Haydn
Sonata in E flat (Hob XVI:52)
Prokofiev
Sonata No.8 in B flat, Op.84
Schumann
Kinderszenen, Op.15
Beethoven
Sonata in F minor, Op.57 (Appassionata)
John Lill (piano)
Reviewed by: Douglas Cooksey
Reviewed: 17 May, 2004
Venue: The Parish Church of St John-at-Hampstead, Church Row, London, NW3
This recital formed part of the week-long 2004 Hampstead and Highgate Festival (on until 23 May), and was billed as a “Celebrity Recital”. While the word ‘celebrity’ is today more a euphemism for the hyping of non-entities, the irony is that if any pianist deserves to be ‘celebrated’ it is the unostentatious John Lill who has devoted himself body and soul to the service of music for more than 50 years (he was not 10 when he made his debut), yet were anybody to describe him to his face as a celebrity, one imagines he would flinch at the description.
Hampstead and Highgate has been home to some distinguished pianists past (Clifford Curzon) and present (Alfred Brendel, Stephen Kovacevich, Angela Hewitt and, indeed, John Lill).
On this occasion Lill chose to play three ‘Everests’ of the sonata repertoire, the E flat of Haydn, possibly his grandest, the Eighth of Prokofiev, arguably his greatest, and the Appassionata. As a bonus he gave us Schumann’s Kinderszenen, which features on his most recent CD for Classics for Pleasure.
If this review chooses to focus mainly on the Prokofiev, this is because not only is it an important work rarely performed, but also because the Appassionata featured in Lill’s recent Royal Festival Hall recital (reviewed by Richard Whitehouse) and Kinderszenen is on that new CD, which I reviewed.
That said, how many pianists could tackle four such different works in one recital with equal success? The Haydn was big boned but rubicund, and sturdy in the finale, whilst the Adagio had a heart of gold. Lill made much of the first movement’s contrasts – to telling effect. Kinderszenen was completely unsentimental, devoid of any affectation but at the same time deeply poetic, and the Appassionata was equally satisfying – weighty and animated, Lill’s typical regard for structure looked forward to the titanic energy of the finale’s coda.
The Prokofiev was a courageous choice on Lill’s part, the bleakest of utterances. One reflects that Prokofiev died in 1953 in Moscow the same day as Stalin. Prokofiev’s friends, all cars having been commandeered, carried the composer’s body six blocks. Anyone wanting to sense what it must have been like to live through those grim times should read Andrei Makine’s wonderfully written recently published novella “A Life’s Music”. The Sonata No.8 will probably never be popular – but this is important music that deserves to be heard. Completed in 1944, numbness informs the spacious opening movement as patterns repeat themselves as if in a daze only to be punctuated by outbursts of ferocious anger. Lill had its full measure, adopting a flowing speed, which helped unify the structure and, of course, he had the physical power to punch home its climaxes, especially the chilling final eruption, which suggests a tornado of dead leaves sweeping across graves.

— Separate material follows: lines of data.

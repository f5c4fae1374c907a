// What is told of runs by chance, where hints are wanted.

ghost use Rattle.std.specs.Prelude.{◌≡◌, ◌≤◌, ◌++◌, length, take, codes, IfOk, OnOk};
ghost use Rattle.std.specs.String.{string_bytes};
ghost use Rattle.mj_search.specs.Told.{behind_head, cut, each_end, end_line, end_lines, ends_lines, how_word, indented, rest_line, whether_over};

use mj_explore::End;
use std::alloc::{AllocError, Global};

// The most ends that are told.
const ENDS: usize = 10;
// The most bytes that are told of an end.
const BYTES: usize = 400;
// How many bytes stand before what is told of it: whether all jobs ended, and the header of a listing.
const HEAD: usize = 14;

/// What is told of the ends of runs: which came how often.
pub fn told_ends(alloc: Global, ends: &[End]) -> Result<Vec<u8>, AllocError>
    ensures { IfOk result (λ bytes. bytes.items ≡ ends_lines ends.now) }
{
    let mut bytes = Vec::new(alloc);
    put_ends(alloc, &mut bytes, ends)?;
    Ok(bytes)
}

// Puts the first of these ends to the end of some bytes, and how many others there are.
fn put_ends(alloc: Global, bytes: &mut Vec<u8>, ends: &[End]) -> Result<(), AllocError>
    ensures { OnOk result (bytes.new.items ≡ bytes.old.items ++ ends_lines ends.now) }
{
    if ends.len() > ENDS {
        let front = &ends[..ENDS];
        put_each(alloc, bytes, front)?;
        put_rest(alloc, bytes, ends.len() - ENDS)?;
        Ok(())
    } else {
        put_each(alloc, bytes, ends)
    }
}

// Puts how many other ends there are to the end of some bytes.
fn put_rest(alloc: Global, bytes: &mut Vec<u8>, count: usize) -> Result<(), AllocError>
    ensures { OnOk result (bytes.new.items ≡ bytes.old.items ++ rest_line count) }
{
    let line = rest_line(alloc, count)?;
    bytes.extend_from_slice(line.as_bytes())
}

// The line on how many other ends there are.
fn rest_line(alloc: Global, count: usize) -> Result<String, AllocError>
    ensures { IfOk result (λ line. string_bytes line ≡ rest_line count) }
{
    let line = format!(in alloc; "    ends that aren't shown: {count}\n")?;
    Ok(line)
}

// Puts each of these ends to the end of some bytes.
fn put_each(alloc: Global, bytes: &mut Vec<u8>, ends: &[End]) -> Result<(), AllocError>
    ensures { OnOk result (bytes.new.items ≡ bytes.old.items ++ each_end ends.now) }
{
    'ends: for end in ends {
        put_end(alloc, bytes, end)?;
    }
    Ok(())
}

// Puts an end to the end of some bytes: how many runs had it, and what it is, as far as there is room.
fn put_end(alloc: Global, bytes: &mut Vec<u8>, end: &End) -> Result<(), AllocError>
    ensures { OnOk result (bytes.new.items ≡ bytes.old.items ++ end_lines end.now) }
{
    let line = end_line(alloc, end.runs, how_word(whether_over(&end.text)))?;
    bytes.extend_from_slice(line.as_bytes())?;
    put_shown(alloc, bytes, behind_head(&end.text))?;
    Ok(())
}

// Puts what is shown of these bytes to the end of others.
fn put_shown(alloc: Global, bytes: &mut Vec<u8>, shown: &[u8]) -> Result<(), AllocError>
    ensures { OnOk result (bytes.new.items ≡ bytes.old.items ++ cut shown.now) }
{
    if shown.len() > BYTES {
        let text = dotted(alloc, front(shown, BYTES))?;
        put_indented(bytes, &text)
    } else {
        put_indented(bytes, shown)
    }
}

// These bytes, and two dots in place of those that are left out.
fn dotted(alloc: Global, text: &[u8]) -> Result<Vec<u8>, AllocError>
    ensures { IfOk result (λ bytes. bytes.items ≡ text.now ++ codes "..\n") }
{
    let mut bytes = Vec::new(alloc);
    bytes.extend_from_slice(text)?;
    bytes.extend_from_slice(b"..\n")?;
    Ok(bytes)
}

// The first of these bytes, so many.
fn front(text: &[u8], most: usize) -> &[u8]
    requires { most ≤ length text.now }
    ensures { result.now ≡ take most text.now }
{
    &text[..most]
}

// The line on how many runs had an end, and whether all jobs ended.
fn end_line(alloc: Global, runs: u32, how: &str) -> Result<String, AllocError>
    ensures { IfOk result (λ line. string_bytes line ≡ end_line runs how.now) }
{
    let line = format!(in alloc; "    runs that ended so: {runs}, {how}\n")?;
    Ok(line)
}

// The word for whether all jobs ended.
fn how_word(over: bool) -> &'static str
    ensures { result.now ≡ how_word over }
{
    if over {
        "with all jobs over"
    } else {
        "with jobs that haven't ended"
    }
}

// Whether all jobs ended, by the text of an end.
fn whether_over(text: &[u8]) -> bool
    ensures { result ≡ whether_over text.now }
{
    match text.first() {
        Some(byte) => *byte == b'+',
        None => false,
    }
}

// What stands behind that, and behind the header of a listing.
fn behind_head(text: &[u8]) -> &[u8]
    ensures { result.now ≡ behind_head text.now }
{
    if text.len() > HEAD {
        &text[HEAD..]
    } else {
        b""
    }
}

// Puts some lines to the end of some bytes, each behind six blanks.
fn put_indented(bytes: &mut Vec<u8>, text: &[u8]) -> Result<(), AllocError>
    ensures { OnOk result (bytes.new.items ≡ bytes.old.items ++ indented 10 text.now) }
{
    let mut last = b'\n';
    'bytes: for byte in text {
        if last == b'\n' {
            bytes.extend_from_slice(b"      ")?;
        }
        bytes.push(*byte)?;
        last = *byte;
    }
    Ok(())
}
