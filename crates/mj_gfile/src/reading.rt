// Listings are read.

ghost use Rattle.std.specs.Prelude.{◌≡◌, ◌+◌, ◌<◌, ◌^◌, ◌⊎◌, [], true, None, length, IfOk, IfErr, Ok, Err};
ghost use Rattle.std.specs.List.{list_all};
ghost use Rattle.mj_gfile.specs.declared.error.ReadError.TheVariants as error;
ghost use Rattle.mj_store.specs.Questions.{Content};
ghost use Rattle.mj_gfile.specs.Reading.{line_of};
ghost use Rattle.mj_gfile.specs.Listing.{IsListed, IsPut, judged, lines_of, nodes_of, reading_of, version_of};
ghost use Rattle.mj_gfile.specs.Refused.{IsListingRefused};

use crate::error::ReadError;
use crate::line::{read_node, split_line};
use crate::{HEADER, OLD_HEADER};
use mj_globs::Globals;
use mj_store::Store;
use mj_subs::Name;
use mj_text::Limit;
use std::alloc::Global;

/// The globals that some bytes list. A listing of globals is refused for want of memory alone, and anything else by the first line that is
/// none: in a line, one that isn't spelled so before one over a limit, and that before one out of order. Up to the refused line the bytes
/// are a listing of some globals. A text or subscript is over the limit where it is above that of the header, or above this one.
pub fn read(alloc: Global, bytes: &[u8], limit: Limit) -> Result<Globals, ReadError>
    ensures ok { IfOk result (λ globals. reading_of limit bytes.now ≡ Ok globals.content) }
    ensures err { IfErr result (λ e. (e ≡ error.Memory) ⊎ (reading_of limit bytes.now ≡ Err e)) }
    ensures lists { IfOk result (λ globals. IsListed limit bytes.now globals.content) }
    ensures global { IfOk result (λ globals. list_all (λ e. e.0.global) globals.content ≡ true) }
    ensures refused { IfErr result (λ e. IsListingRefused limit bytes.now e) }
    ensures all { (content : Content) → IsListed limit bytes.now content → IfErr result (λ e. e ≡ error.Memory) }
{
    read_lines(alloc, bytes, limit)
}

// The globals that the header and the lines behind it list.
fn read_lines(alloc: Global, bytes: &[u8], limit: Limit) -> Result<Globals, ReadError>
    ensures ok { IfOk result (λ globals. reading_of limit bytes.now ≡ Ok globals.content) }
    ensures err { IfErr result (λ e. (e ≡ error.Memory) ⊎ (reading_of limit bytes.now ≡ Err e)) }
{
    let Some((first, rest)) = split_line(bytes) else {
        return Err(ReadError::Header);
    };
    let Some(version) = version_of(first) else {
        return Err(ReadError::Header);
    };
    read_nodes(alloc, rest, version.smaller(limit))
}

// The version whose header a line is.
fn version_of(line: &[u8]) -> Option<Limit>
    ensures { result ≡ version_of line.now }
{
    if line == OLD_HEADER {
        Some(Limit::V1)
    } else if line == HEADER {
        Some(Limit::V2)
    } else {
        None
    }
}

// The globals that the lines behind the header list.
fn read_nodes(alloc: Global, bytes: &[u8], limit: Limit) -> Result<Globals, ReadError>
    requires { length bytes.now + 2 < 2 ^ 64 }
    ensures ok { IfOk result (λ globals. nodes_of limit None 2 (lines_of bytes.now) ≡ Ok globals.content) }
    ensures err { IfErr result (λ e. (e ≡ error.Memory) ⊎ (nodes_of limit None 2 (lines_of bytes.now) ≡ Err e)) }
{
    let mut globals = Globals::new(alloc);
    let mut last = None;
    let read = put_nodes(alloc, bytes, limit, &mut globals, &mut last);
    drop(last); // for the proof
    match read {
        Ok(()) => Ok(globals),
        Err(error) => {
            drop(globals); // for the proof
            Err(error)
        }
    }
}

// Puts what these lines list to the globals, where there is nothing yet; `last` is the name in the last line that was read.
fn put_nodes(
    alloc: Global,
    bytes: &[u8],
    limit: Limit,
    globals: &mut Globals,
    last: &mut Option<Name>,
) -> Result<(), ReadError>
    requires long { length bytes.now + 2 < 2 ^ 64 }
    requires globals { globals.old.content ≡ [] }
    requires last { last.old ≡ None }
    ensures ok { IfOk result (λ u. nodes_of limit None 2 (lines_of bytes.now) ≡ Ok globals.new.content) }
    ensures err { IfErr result (λ e. (e ≡ error.Memory) ⊎ (nodes_of limit None 2 (lines_of bytes.now) ≡ Err e)) }
{
    let mut number = 2;
    let mut rest = bytes;
    while let Some((line, behind)) = split_line(rest) {
        put_node(alloc, line, number, limit, globals, last)?;
        number += 1;
        rest = behind;
    }
    if rest.is_empty() {
        Ok(())
    } else {
        Err(ReadError::Line(number))
    }
}

// Puts what one line more lists to the globals, and makes its name the last one.
fn put_node(
    alloc: Global,
    line: &[u8],
    number: usize,
    limit: Limit,
    globals: &mut Globals,
    last: &mut Option<Name>,
) -> Result<(), ReadError>
    ensures ok { IfOk result (λ u. IsPut limit last.old number line.now globals.old.content last.new globals.new.content) }
    ensures err { IfErr result (λ e. (e ≡ error.Memory) ⊎ (judged limit last.old number (line_of line.now) ≡ Err e)) }
{
    let (name, text) = read_node(alloc, line, number, last.as_ref(), limit)?;
    let put = globals.set(&name, &text);
    drop(text); // for the proof
    match put {
        Ok(()) => {
            drop(last.replace(name));
            Ok(())
        }
        Err(_) => {
            drop(name); // for the proof
            Err(ReadError::Memory)
        }
    }
}
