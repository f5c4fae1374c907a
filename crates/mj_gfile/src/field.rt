// Fields of a line.

/// A field that is spelled as it must be.
#[derive(Drop, Debug)]
pub enum Field<T> {
    /// what it says
    Within(T),
    /// a word, a list of subscripts or a text in it is over its limit
    Over,
}
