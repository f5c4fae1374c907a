// Lines are read.

ghost use Rattle.std.specs.Prelude.{◌≡◌, ◌∷◌, ◌+◌, ◌⊎◌, true, ℕ, List, length, IfOk, IfErr, MatchOption, Ok, Err};
ghost use Rattle.std.specs.Option.{option_copied, option_map};
ghost use Rattle.mj_text.specs.declared.limit.Limit.{Limit as SeenLimit};
ghost use Rattle.mj_subs.specs.Name.{Name as SeenName};
ghost use Rattle.mj_gfile.specs.declared.error.ReadError.TheVariants as error;
ghost use Rattle.mj_gfile.specs.Reading.{past_byte, value_of, line_of};
ghost use Rattle.mj_gfile.specs.Listing.{limited, is_small, is_short, is_small_node, value_field, node_field, lines_of, unended, is_after, judged};

use crate::error::ReadError;
use crate::field::Field;
use crate::name::read_name_in;
use crate::quoted::read_text;
use memchr::memchr;
use mj_subs::Name;
use mj_text::{Limit, Text};
use std::alloc::{AllocError, Global};

/// The first line, without its byte 10, and what follows that, or none where no byte 10 ends a line.
pub fn split_line(bytes: &[u8]) -> Option<(&[u8], &[u8])>
    ensures { MatchOption result (lines_of bytes.now ≡ unended bytes.now)
        (λ p. (lines_of bytes.now ≡ (p.0.now, true) ∷ lines_of p.1.now) × (length p.0.now + length p.1.now + 1 ≡ length bytes.now)) }
{
    let Some(place) = memchr(b'\n', bytes) else {
        return None;
    };
    Some((&bytes[..place], &bytes[place + 1..]))
}

/// What the line of this number says, behind a line with the name `last`.
pub fn read_node(
    alloc: Global,
    line: &[u8],
    number: usize,
    last: Option<&Name>,
    limit: Limit,
) -> Result<(Name, Text), ReadError>
    ensures ok { IfOk result (λ node. judged limit (option_copied last.entry) number (line_of line.now) ≡ Ok node) }
    ensures err { IfErr result (λ e. (e ≡ error.Memory) ⊎ (judged limit (option_copied last.entry) number (line_of line.now) ≡ Err e)) }
{
    match read_line(alloc, line, limit)? {
        None => Err(ReadError::Line(number)),
        Some(Field::Over) => Err(ReadError::Limit(number)),
        Some(Field::Within(node)) => {
            if is_after(last, &node.0) {
                Ok(node)
            } else {
                Err(ReadError::Order(number))
            }
        }
    }
}

// Whether a name stands after that of the line before, if there is one.
fn is_after(last: Option<&Name>, name: &Name) -> bool
    ensures { result ≡ is_after (option_copied last.entry) name.now }
{
    match last {
        None => true,
        Some(last) => last.cmp(name).is_lt(),
    }
}

// The name of a global and the text that a line spells.
fn read_line(
    alloc: Global,
    line: &[u8],
    limit: Limit,
) -> Result<Option<Field<(Name, Text)>>, AllocError>
    ensures { IfOk result (λ r. r ≡ node_field limit (line_of line.now)) }
{
    let Some(rest) = behind(line, b'^') else {
        return Ok(None);
    };
    let Some((name, tail)) = read_name_in(alloc, true, rest, limit)? else {
        return Ok(None);
    };
    let Some(text) = read_value(alloc, tail, limit)? else {
        return Ok(None);
    };
    Ok(Some(node_of(name, text)))
}

// A name and its text, if both are within the limits.
fn node_of(name: Field<Name>, text: Field<Text>) -> Field<(Name, Text)>
    ensures { (limit : SeenLimit) (n : SeenName) (t : List ℕ) → name ≡ limited (is_small limit n) n → text ≡ limited (is_short limit t) t
        → result ≡ limited (is_small_node limit (n, t)) (n, t) }
{
    match (name, text) {
        (Field::Within(name), Field::Within(text)) => Field::Within((name, text)),
        _ => Field::Over,
    }
}

// The text in listing quotes that stands behind `=` and is followed by nothing.
fn read_value(alloc: Global, bytes: &[u8], limit: Limit) -> Result<Option<Field<Text>>, AllocError>
    ensures { IfOk result (λ r. r ≡ value_field limit (value_of bytes.now)) }
{
    let Some(value) = behind(bytes, b'=') else {
        return Ok(None);
    };
    let Some((text, rest)) = read_text(alloc, value, limit)? else {
        return Ok(None);
    };
    if rest.is_empty() {
        Ok(Some(text))
    } else {
        Ok(None)
    }
}

// What follows a byte at the front, if that stands there.
fn behind(bytes: &[u8], byte: u8) -> Option<&[u8]>
    ensures { option_map (λ rest. rest.now) result ≡ past_byte byte bytes.now }
{
    let [first, rest @ ..] = bytes else {
        return None;
    };
    if *first == byte { Some(rest) } else { None }
}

The central Andante, ostensibly calm, is in fact profoundly disconcerting, like some macabre echo of salon music half-remembered from happier times. The finale ignites with a thudding anger, culminating – after a brief memory of calm from the opening movement – in a burst of quivering fury. Lill has recorded all Prokofiev’s sonatas for ASV and in his hands the music’s real message as the truthful memento of what Russians refer to as “The Time of Troubles” was never in doubt for a moment. Outstanding in every respect.